With Anton’s recent posts on date and time issues developers encounter, “Time Out of Joint” and “More on time and time-zones” I thought it would be worth mentioning “Time, Clocks and the Ordering of events in a Distributed System”.
This paper (https://lamport.azurewebsites.net/pubs/time-clocks.pdf) was written by Leslie Lamport (http://www.lamport.org/) and published in 1978. My first encounter with Lamport was while working on my PhD in Physics – my thesis was written in LaTeX (https://www.latex-project.org/) which Lamport developed and for which he wrote the reference book (https://www.amazon.co.uk/LaTeX-Preparation-Reference-Addison-Wesley-Techniques/dp/0201529831). The book has a pithy comment by Lamport surmising that he will be more famous for LaTeX than his work on distributed systems, since then he has won the Turing Award (though his work on LaTeX was referenced in the commendation! (https://amturing.acm.org/award_winners/lamport_1205376.cfm)).

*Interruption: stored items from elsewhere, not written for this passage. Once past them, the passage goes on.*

// Little-endian numbers in a blob, and where a part of a blob lies.
ghost use Rattle.std.specs.Prelude.{◌≡◌, ◌+◌, ◌≤◌, ◌<◌, ◌^◌, get_or, length};
ghost use Rattle.firmware.specs.Bytes.{word_at, dword_at, of_located, span, PartOf};

use refusal::Refusal;

// Where a part lies in the lent blob that was judged: its first byte and its length. An image that is accepted without
// its modulus and exponent is truncated. A component that is not shown is the empty part at the blob's start, which is
// the default.
#[derive(Clone, Copy, Debug, Default, PartialEq, Eq)]
pub struct Located {
    pub truncated: bool,
    pub start: usize,
    pub len: usize,
}

impl Located {
    // That part of the blob.
    pub(crate) fn part_of(self, blob: &[u8]) -> &[u8]
        requires { self.start + self.len ≤ length blob.now }
        ensures { PartOf blob.entry (span self.start (self.start + self.len)) result }
    {
        &blob[self.start..self.start + self.len]
    }
}

// The part that was located; the empty part at the blob's start where that was refused.
pub(crate) fn part(blob: &[u8], l: Result<Located, Refusal>) -> &[u8]
    requires { (of_located l).start + (of_located l).len ≤ length blob.now }
    ensures { PartOf blob.entry (span (of_located l).start ((of_located l).start + (of_located l).len)) result }
{
    match l {
        Ok(l) => l.part_of(blob),
        Err(_) => &blob[..0],
    }
}

// Byte i, or 0 where there is none: a name so read is zero padded.
pub fn byte_at(s: &[u8], i: usize) -> u8
    ensures { result ≡ get_or s.now i 0 }
{
    s.get(i).copied().unwrap_or(0)
}

// The 16-bit number at byte `at`.
pub(crate) fn word_at(blob: &[u8], at: usize) -> u16
    requires { at + 2 ≤ length blob.now }
    ensures { result ≡ word_at blob.now at }
{
    u16::from_le_bytes([blob[at], blob[at + 1]])
}

// The dword at byte `at`.
pub(crate) fn dword_at(blob: &[u8], at: usize) -> usize
    requires { at + 4 ≤ length blob.now }
    ensures { (result ≡ dword_at blob.now at) × (result < 2 ^ 32) }
{
    u32::from_le_bytes([blob[at], blob[at + 1], blob[at + 2], blob[at + 3]]) as usize
}
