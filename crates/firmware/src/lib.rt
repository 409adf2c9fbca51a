// Firmware files: the parts and versions of CSS images and of HuC code partition directories (CPD). Public are
// locations, answers, versions and parts, each from one judgement of the lent blob, or the refusal that it gives. A part
// is a sub-slice of that blob, and a location (start and length) says where it lies. Nothing about a blob is kept, and no function takes an
// offset back.
#![tactic(auto)]

mod bytes;
mod cpd;
mod css;
mod figures;
mod huc;
mod name;
mod version;

pub use bytes::{Located, byte_at};
pub use cpd::{
    Directory, cpd_answer, cpd_directory, cpd_entry, cpd_has_name, cpd_located, cpd_name, cpd_part,
};
pub use css::{
    Component, ImageAnswer, Sizes, css_answer, css_located, css_part, exponent, modulus, rsa, ucode,
};
pub use figures::{
    Figures, cpd_entry_figures, cpd_figures, cpd_marker, css_figures, css_sizes, huc_figures,
    manifest_figures,
};
pub use huc::{huc_answer, huc_exponent, huc_located, huc_modulus, huc_part, huc_rsa, huc_ucode};
pub use version::{ManifestVersion, Version, css_version, huc_version, manifest_version};
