// CSS firmware images: the judgement, and each component as a part of the lent blob.
ghost use Rattle.std.specs.Prelude.{◌≡◌, cond, ◌+◌, ◌*◌, ◌≤◌, ◌<◌, ◌^◌, length, leb};
ghost use Rattle.firmware.specs.Bytes.{PartOf, span, nowhere, located_at, of_located};
ghost use Rattle.firmware.specs.declared.css.Component.TheVariants.{Ucode, Rsa, Modulus, Exponent};
ghost use Rattle.firmware.specs.Css;
ghost use Rattle.firmware.specs.Css.{of_answer};
ghost use Rattle.firmware.specs.Private.{Small, LocatedBy, rank};

use crate::bytes::{Located, dword_at, part};
use refusal::Refusal;

// 'CSS: at least 128 bytes': what the header has.
pub(crate) const HEADER_BYTES: usize = 128;

// Where the dwords of the header that are read start: '1 = h (all that is not uCode), 6 = s (all), 7 = k (RSA), 8 = m
// (modulus), 9 = e (exponent), 16 = version'.
const H_AT: usize = 4 * 1;

const S_AT: usize = 4 * 6;

const K_AT: usize = 4 * 7;

const M_AT: usize = 4 * 8;

const E_AT: usize = 4 * 9;

pub(crate) const VERSION_AT: usize = 4 * 16;

// The parts of an image beside its header, in their order.
#[derive(Clone, Copy, Debug, PartialEq, Eq)]
pub enum Component {
    Ucode,
    Rsa,
    Modulus,
    Exponent,
}

// What an image that is accepted is answered: whether it is without its modulus and exponent.
#[derive(Clone, Copy, Debug, PartialEq, Eq)]
pub struct ImageAnswer {
    pub truncated: bool,
}

// The sizes in an image's header, in dwords.
#[derive(Clone, Copy, Debug, PartialEq, Eq)]
pub struct Sizes {
    pub h: usize,
    pub s: usize,
    pub k: usize,
    pub m: usize,
    pub e: usize,
}

// What sizes are summed in. They are dwords, so a sum of four may wrap in 32 bits, and does not in 64.
type Sum = u64;

// 'h = 32 + k + m + e': the header's own dwords.
const HEADER_DWORDS: Sum = 32;

// The sizes that a header says, each read once: what is judged and what is handed out are these numbers.
pub(crate) fn read_sizes(blob: &[u8]) -> Sizes
    requires { 128 ≤ length blob.now }
    ensures { (result ≡ Css.sizes blob.now) × Small result }
{
    let h = dword_at(blob, H_AT);
    let s = dword_at(blob, S_AT);
    let k = dword_at(blob, K_AT);
    let m = dword_at(blob, M_AT);
    let e = dword_at(blob, E_AT);
    Sizes { h, s, k, m, e }
}

// Whether the sizes agree.
pub(crate) fn agree(z: Sizes) -> bool
    requires { Small z }
    ensures { result ≡ Css.agree z }
{
    let sum = HEADER_DWORDS + z.k as Sum + z.m as Sum + z.e as Sum;
    (z.h as Sum == sum) & (1 <= z.k) & (z.h < z.s)
}

// A component from byte `from` to byte `to` of an accepted image of n bytes, shown where the bytes that it needs are
// there.
fn component_located(n: usize, needed: usize, truncated: bool, from: usize, to: usize) -> Located
    requires { from ≤ to }
    ensures { of_located (Ok result) ≡ located_at 0 truncated (cond (leb needed n) (span from to) nowhere) }
{
    let (start, len) = if n < needed {
        (0, 0)
    } else {
        (from, to - from)
    };
    Located {
        truncated,
        start,
        len,
    }
}

// Which of the four a component is, in their order. Asked by halves in `judge`: a match of four is compiled to a jump
// table, which a kernel's archive may not have (archive/check).
fn rank(which: Component) -> u32
    ensures { (result ≡ rank which) × (result < 4) }
{
    which as u32
}

// Judges an image of n bytes by the sizes in its header. No blob is lent here, so nothing can be read a second time.
fn judge(n: usize, z: Sizes, which: Component) -> Result<Located, Refusal>
    requires { (128 ≤ n) × Small z }
    ensures { LocatedBy n z which result }
{
    if !agree(z) {
        return Err(Refusal::CssSizes);
    }
    let rsa = HEADER_BYTES + 4 * (z.s - z.h);
    let modulus = rsa + 4 * z.k;
    if n < modulus {
        return Err(Refusal::CssBeyond);
    }
    let exponent = modulus + 4 * z.m;
    let end = 4 * z.s;
    let truncated = n < end;
    let rank = rank(which);
    if rank < 2 {
        if rank < 1 {
            return Ok(component_located(n, modulus, truncated, HEADER_BYTES, rsa));
        }
        return Ok(component_located(n, modulus, truncated, rsa, modulus));
    }
    if rank < 3 {
        return Ok(component_located(n, end, truncated, modulus, exponent));
    }
    Ok(component_located(n, end, truncated, exponent, end))
}

// The one judgement of an image: the number that refuses it, or where a component lies.
pub fn css_located(blob: &[u8], which: Component) -> Result<Located, Refusal>
    ensures { of_located result ≡ Css.located which blob.now }
{
    if blob.len() < HEADER_BYTES {
        return Err(Refusal::ShortBlob);
    }
    judge(blob.len(), read_sizes(blob), which)
}

// Whether the blob is an image, and whether that is truncated.
pub fn css_answer(blob: &[u8]) -> Result<ImageAnswer, Refusal>
    ensures { of_answer result ≡ Css.answer blob.now }
{
    let l = css_located(blob, Component::Ucode)?;
    Ok(ImageAnswer {
        truncated: l.truncated,
    })
}

// A component of an image; the empty part at the blob's start where it is not shown.
pub fn css_part(blob: &[u8], which: Component) -> &[u8]
    ensures { PartOf blob.entry (Css.part which blob.now) result }
{
    part(blob, css_located(blob, which))
}

// Each component by its name: the empty part at the blob's start where it is not shown.
pub fn ucode(blob: &[u8]) -> &[u8]
    ensures { PartOf blob.entry (Css.part Ucode blob.now) result }
{
    css_part(blob, Component::Ucode)
}

pub fn rsa(blob: &[u8]) -> &[u8]
    ensures { PartOf blob.entry (Css.part Rsa blob.now) result }
{
    css_part(blob, Component::Rsa)
}

pub fn modulus(blob: &[u8]) -> &[u8]
    ensures { PartOf blob.entry (Css.part Modulus blob.now) result }
{
    css_part(blob, Component::Modulus)
}

pub fn exponent(blob: &[u8]) -> &[u8]
    ensures { PartOf blob.entry (Css.part Exponent blob.now) result }
{
    css_part(blob, Component::Exponent)
}
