// Bytes needed and bytes there beside each number, for what a crew is told. Each function is one judgement of the lent
// blob; its number is the one that the calls of css.rt, cpd.rt, huc.rt and version.rt answer.
ghost use Rattle.std.specs.Prelude.{◌≡◌, ◌<◌, ◌≤◌};
ghost use Rattle.refusal.specs.Numbers.{number, number_of};
ghost use Rattle.firmware.specs.Cpd;
ghost use Rattle.firmware.specs.Figures.{figures, of_figures, unmeasured, measured, image_figures};
ghost use Rattle.firmware.specs.Figures.{directory_figures, entry_figures, manifest_figures, huc_figures, header_sizes};
ghost use Rattle.firmware.specs.Private.{of_table};

use crate::cpd::{self, NoTable, Table};
use crate::css;
use crate::version::MANIFEST_MIN;
use refusal::Refusal;

// An answer with the bytes that it asks for, those that nothing is left out of, and those that are there, counted from
// the start of the blob or part judged. A refusal has figures too.
#[derive(Clone, Copy, Debug, PartialEq, Eq)]
pub struct Figures {
    pub answer: Result<(), Refusal>,
    pub needed: usize,
    pub complete: usize,
    pub there: usize,
}

// A refusal that asks for no bytes.
fn unmeasured(refusal: Refusal, there: usize) -> Figures
    ensures { of_figures result ≡ unmeasured (number refusal) there }
{
    Figures {
        answer: Err(refusal),
        needed: 0,
        complete: 0,
        there,
    }
}

// A refusal that is given exactly when fewer bytes are there than needed.
fn measured(refusal: Refusal, needed: usize, complete: usize, there: usize) -> Figures
    ensures { of_figures result ≡ measured (number refusal) needed complete there }
{
    let answer = if there < needed { Err(refusal) } else { Ok(()) };
    Figures {
        answer,
        needed,
        complete,
        there,
    }
}

// The figures of an image.
pub fn css_figures(blob: &[u8]) -> Figures
    ensures { of_figures result ≡ image_figures blob.now }
{
    if blob.len() < css::HEADER_BYTES {
        return measured(
            Refusal::ShortBlob,
            css::HEADER_BYTES,
            css::HEADER_BYTES,
            blob.len(),
        );
    }
    let z = css::read_sizes(blob);
    if !css::agree(z) {
        return unmeasured(Refusal::CssSizes, blob.len());
    }
    let needed = css::HEADER_BYTES + 4 * (z.s - z.h) + 4 * z.k;
    measured(Refusal::CssBeyond, needed, 4 * z.s, blob.len())
}

// The sizes in an image's header, also where they disagree; all 0 where there is no header.
pub fn css_sizes(blob: &[u8]) -> css::Sizes
    ensures { result ≡ header_sizes blob.now }
{
    if blob.len() < css::HEADER_BYTES {
        return css::Sizes {
            h: 0,
            s: 0,
            k: 0,
            m: 0,
            e: 0,
        };
    }
    css::read_sizes(blob)
}

// Whether the blob starts with the marker $CPD, which makes it a directory, good or not.
pub fn cpd_marker(blob: &[u8]) -> bool
    ensures { result ≡ Cpd.has_marker blob.now }
{
    cpd::has_marker(blob)
}

// What a directory is answered, and the bytes that it asks for.
fn of_table(t: Result<Table, NoTable>, there: usize) -> Figures
    ensures { of_figures result ≡ figures (of_table t).code (of_table t).needed (of_table t).needed there }
{
    let (answer, needed) = match t {
        Ok(t) => (Ok(()), t.needed),
        Err(e) => (Err(e.refusal), e.needed),
    };
    Figures {
        answer,
        needed,
        complete: needed,
        there,
    }
}

// The figures of a directory.
pub fn cpd_figures(blob: &[u8]) -> Figures
    ensures { of_figures result ≡ directory_figures blob.now }
{
    of_table(cpd::read_table(blob), blob.len())
}

// The figures of entry i, by its index.
pub fn cpd_entry_figures(blob: &[u8], i: usize) -> Figures
    ensures { of_figures result ≡ entry_figures blob.now i }
{
    let t = match cpd::read_table(blob) {
        Ok(t) => t,
        Err(e) => return of_table(Err(e), blob.len()),
    };
    if t.count <= i {
        return unmeasured(Refusal::NoEntry, blob.len());
    }
    let x = cpd::extent_at(blob, t.start + cpd::ENTRY_BYTES * i);
    let end = x.start + x.len;
    measured(Refusal::CpdBeyond, end, end, blob.len())
}

// The figures of the manifest, the part `HUCP.man` of a directory.
pub fn manifest_figures(blob: &[u8]) -> Figures
    ensures { of_figures result ≡ manifest_figures blob.now }
{
    match cpd::cpd_located(blob, b"HUCP.man") {
        Ok(f) => measured(Refusal::ShortBlob, MANIFEST_MIN, MANIFEST_MIN, f.len),
        Err(refusal) => unmeasured(refusal, 0),
    }
}

// The figures of the image in the part `huc_fw` of a directory.
pub fn huc_figures(blob: &[u8]) -> Figures
    ensures { of_figures result ≡ huc_figures blob.now }
{
    match cpd::cpd_located(blob, b"huc_fw") {
        Ok(f) => css_figures(f.part_of(blob)),
        Err(refusal) => unmeasured(refusal, 0),
    }
}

Lamport himself does a nice introduction of the paper (https://lamport.azurewebsites.net/pubs/pubs.html#time-clocks), the opening of which is worth capturing here:
Jim Gray once told me that he had heard two different opinions of this paper: that it’s trivial and that it’s brilliant. I can’t argue with the former, and I am disinclined to argue with the latter.

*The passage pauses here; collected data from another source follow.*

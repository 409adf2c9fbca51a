// The CSS image in the part `huc_fw` of a code partition directory, judged as a blob of its own.
ghost use Rattle.std.specs.Prelude.{◌≡◌, ◌+◌, ◌<◌, ◌^◌};
ghost use Rattle.firmware.specs.Bytes.{PartOf, of_located};
ghost use Rattle.firmware.specs.Css.{of_answer};
ghost use Rattle.firmware.specs.declared.css.Component.TheVariants.{Ucode, Rsa, Modulus, Exponent};
ghost use Rattle.firmware.specs.Inside.{huc_answer, huc_located, huc_span};
ghost use Rattle.firmware.specs.Private.{outer};

use crate::bytes::{Located, part};
use crate::cpd::cpd_located;
use crate::css::{Component, ImageAnswer, css_located};
use refusal::Refusal;

// A location in a part that starts at byte `at`, as one in the outer blob. A component that is shown starts past the
// image's header; one that is not shown stays at the outer blob's start.
fn outer(at: usize, l: Located) -> Located
    requires { at + l.start < 2 ^ 64 }
    ensures { of_located (Ok result) ≡ outer at (of_located (Ok l)) }
{
    if l.start == 0 {
        return l;
    }
    Located {
        start: at + l.start,
        ..l
    }
}

// The one judgement: the directory's numbers and then the image's, or where a component lies in the outer blob.
pub fn huc_located(blob: &[u8], which: Component) -> Result<Located, Refusal>
    ensures { of_located result ≡ huc_located which blob.now }
{
    let f = cpd_located(blob, b"huc_fw")?;
    let l = css_located(f.part_of(blob), which)?;
    Ok(outer(f.start, l))
}

// Whether the directory has such an image, and whether that is truncated.
pub fn huc_answer(blob: &[u8]) -> Result<ImageAnswer, Refusal>
    ensures { of_answer result ≡ huc_answer blob.now }
{
    let l = huc_located(blob, Component::Ucode)?;
    Ok(ImageAnswer {
        truncated: l.truncated,
    })
}

// A component of that image; the empty part at the outer blob's start where it is not shown.
pub fn huc_part(blob: &[u8], which: Component) -> &[u8]
    ensures { PartOf blob.entry (huc_span which blob.now) result }
{
    part(blob, huc_located(blob, which))
}

// Each component by its name.
pub fn huc_ucode(blob: &[u8]) -> &[u8]
    ensures { PartOf blob.entry (huc_span Ucode blob.now) result }
{
    huc_part(blob, Component::Ucode)
}

pub fn huc_rsa(blob: &[u8]) -> &[u8]
    ensures { PartOf blob.entry (huc_span Rsa blob.now) result }
{
    huc_part(blob, Component::Rsa)
}

pub fn huc_modulus(blob: &[u8]) -> &[u8]
    ensures { PartOf blob.entry (huc_span Modulus blob.now) result }
{
    huc_part(blob, Component::Modulus)
}

pub fn huc_exponent(blob: &[u8]) -> &[u8]
    ensures { PartOf blob.entry (huc_span Exponent blob.now) result }
{
    huc_part(blob, Component::Exponent)
}
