// A name to seek: copied once, zero padded, and judged on the copy. The lent name is not read again.
ghost use Rattle.std.specs.Prelude.{◌≡◌, ◌≢◌, ◌+◌, ◌≤◌, ◌↔◌, true, false, length, slice_index, EachIndex, IsTrue, MatchResult};
ghost use Rattle.refusal.specs.declared.Refusal.TheVariants.{BadField};
ghost use Rattle.firmware.specs.Cpd;
ghost use Rattle.firmware.specs.Private.{Keyed, front_at};

use crate::bytes::{byte_at, dword_at};
use refusal::Refusal;
use std::array;

// 'name 12 bytes (zero padded)'
pub(crate) const NAME_BYTES: usize = 12;

// As many of them, the front, are compared as one number.
pub(crate) const FRONT_BYTES: usize = 8;

// Whether none of the bytes is zero.
fn has_no_zero(s: &[u8]) -> bool
    ensures { IsTrue result ↔ EachIndex s.now (λ k. slice_index s.now k ≢ 0) }
{
    s.iter().all(|b| *b != 0)
}

// The first twelve bytes of a name, zero padded.
fn padded(name: &[u8]) -> [u8; NAME_BYTES]
    ensures { Keyed name.now result }
{
    array::from_fn(|j| byte_at(name, j))
}

// The twelve bytes of a name that may be sought, zero padded: it has 1 to 12 bytes without a zero.
pub(crate) fn key_of(name: &[u8]) -> Result<[u8; NAME_BYTES], Refusal>
    ensures { MatchResult result (λ key. (Cpd.is_name name.now ≡ true) × Keyed name.now key)
        (λ r. (Cpd.is_name name.now ≡ false) × (r ≡ BadField)) }
{
    let n = name.len();
    if n < 1 || NAME_BYTES < n {
        return Err(Refusal::BadField);
    }
    let key = padded(name);
    if !has_no_zero(&key[..n]) {
        return Err(Refusal::BadField);
    }
    Ok(key)
}

// The front of a key as one number.
pub(crate) fn front(key: [u8; NAME_BYTES]) -> usize
    ensures { result ≡ front_at key 0 }
{
    front_at(&key, 0)
}

// The front of a name that starts at byte `at`, as one number.
pub(crate) fn front_at(s: &[u8], at: usize) -> usize
    requires { at + 8 ≤ length s.now }
    ensures { result ≡ front_at s.now at }
{
    dword_at(s, at) + 0x1_0000_0000 * dword_at(s, at + 4)
}
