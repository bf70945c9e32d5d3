//! The regular expressions and the conditions of policies (tailsamplingprocessor README, `string_attribute`,
//! `enabled_regex_matching`; `ottl_condition`).
ghost use Rattle.std.specs.Prelude.{◌≡◌, ◌≢◌, [], true, false, Err, IfOk, IfErr};
ghost use Rattle.expression.specs.declared.expression.ExpressionFault.TheVariants as faults;
ghost use Rattle.config_faults.specs.declared.fault.ConfigFault.TheVariants.{NoMemory, NotAnExpression, ExpressionTooBig};
ghost use Rattle.tsc_config.specs.Reading.{expressions_among, is_one, some_is_none};

use config_faults::ConfigFault;
use expression::ExpressionFault;
use ottl_lists::ConditionFault;
use policy_tree::{ExpressionKind, Policies, PolicyExpression};
use std::alloc::{AllocError, Global};

/// Looks at each expression of policies: `NotAnExpression` where one is none; else `ExpressionTooBig` where one takes
/// too much memory.
pub fn check_expressions(alloc: Global, policies: &Policies) -> Result<(), ConfigFault>
    ensures ok { IfOk result (λ _. some_is_none (expressions_among policies.now) ≡ false) }
    ensures no_expression { result ≡ Err NotAnExpression → some_is_none (expressions_among policies.now) ≡ true }
    ensures too_big { result ≡ Err ExpressionTooBig → some_is_none (expressions_among policies.now) ≡ false }
    ensures some { result ≡ Err ExpressionTooBig → expressions_among policies.now ≢ [] }
    ensures others { IfErr result (λ fault. fault ≢ NoMemory → fault ≢ ExpressionTooBig → fault ≡ NotAnExpression) }
{
    match policies.expressions(alloc) {
        Ok(expressions) => check_all(alloc, expressions.as_slice()),
        Err(AllocError) => Err(ConfigFault::NoMemory),
    }
}

/// The same of these.
fn check_all(alloc: Global, expressions: &[PolicyExpression]) -> Result<(), ConfigFault>
    ensures ok { IfOk result (λ _. some_is_none expressions.now ≡ false) }
    ensures no_expression { result ≡ Err NotAnExpression → some_is_none expressions.now ≡ true }
    ensures too_big { result ≡ Err ExpressionTooBig → some_is_none expressions.now ≡ false }
    ensures some { result ≡ Err ExpressionTooBig → expressions.now ≢ [] }
    ensures others { IfErr result (λ fault. fault ≢ NoMemory → fault ≢ ExpressionTooBig → fault ≡ NotAnExpression) }
{
    let mut is_big = false;
    for expression in expressions {
        match check(alloc, expression) {
            Ok(()) => {}
            // A later text may be no expression, and that fault goes first (D-211).
            Err(ExpressionFault::TooBig) => is_big = true,
            Err(ExpressionFault::NotAnExpression) => return Err(ConfigFault::NotAnExpression),
            Err(ExpressionFault::NoMemory) => return Err(ConfigFault::NoMemory),
        }
    }
    if is_big {
        Err(ConfigFault::ExpressionTooBig)
    } else {
        Ok(())
    }
}

/// Tells whether the text of an expression is what it is to be.
fn check(alloc: Global, expression: &PolicyExpression) -> Result<(), ExpressionFault>
    ensures one { IfOk result (λ _. is_one expression.now ≡ true) }
    ensures none { result ≡ Err faults.NotAnExpression → is_one expression.now ≡ false }
    ensures big { result ≡ Err faults.TooBig → is_one expression.now ≡ true }
{
    let text = expression.text.as_str();
    match expression.kind {
        ExpressionKind::Regular => expression::check(alloc, text),
        ExpressionKind::Condition(context) => match ottl_lists::check(alloc, context, text) {
            Ok(()) => Ok(()),
            Err(ConditionFault::NotACondition(_) | ConditionFault::NotAnExpression) => {
                Err(ExpressionFault::NotAnExpression)
            }
            Err(ConditionFault::ExpressionTooBig) => Err(ExpressionFault::TooBig),
            Err(ConditionFault::NoMemory) => Err(ExpressionFault::NoMemory),
        },
    }
}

Lamport was originally a physicist and when he considered the concept of time in a distributed system he approached it from the point of view of someone who understands Einstein’s theory of special relativity. The speed of light is a constant, nothing can travel faster than the speed of light – so a message cannot be received “before” it was sent, using this we can build an ordering within a distributed system.
The most important contribution of the paper is the concept of replicated state machines, start a set of deterministic state machines in the same state and then make sure they process the same set of messages in the same order and they will naturally be replicated. The key is then to make sure the processors in the system agree the order of the messages as the messages may be arriving at different processors, this problem is now known as Consensus (https://en.wikipedia.org/wiki/Consensus_(computer_science)). In the paper Lamport solves the problem using “logical clocks”, these are now known as “Lamport clocks” (https://en.wikipedia.org/wiki/Lamport_timestamps) and there is a variation known as “Vector clocks” (https://en.wikipedia.org/wiki/Vector_clock). This approach to solving the consensus problem has been superseded by better solutions, including Lamport’s own Paxos algorithm (https://en.wikipedia.org/wiki/Paxos_(computer_science)) an approach he “tried” (https://lamport.azurewebsites.net/pubs/pubs.html#lamport-paxos) to publish nearly 12 years after the time and clocks paper.
All of WANdisco’s products are based on the replicated state machine approach, so we are quite fond of this paper!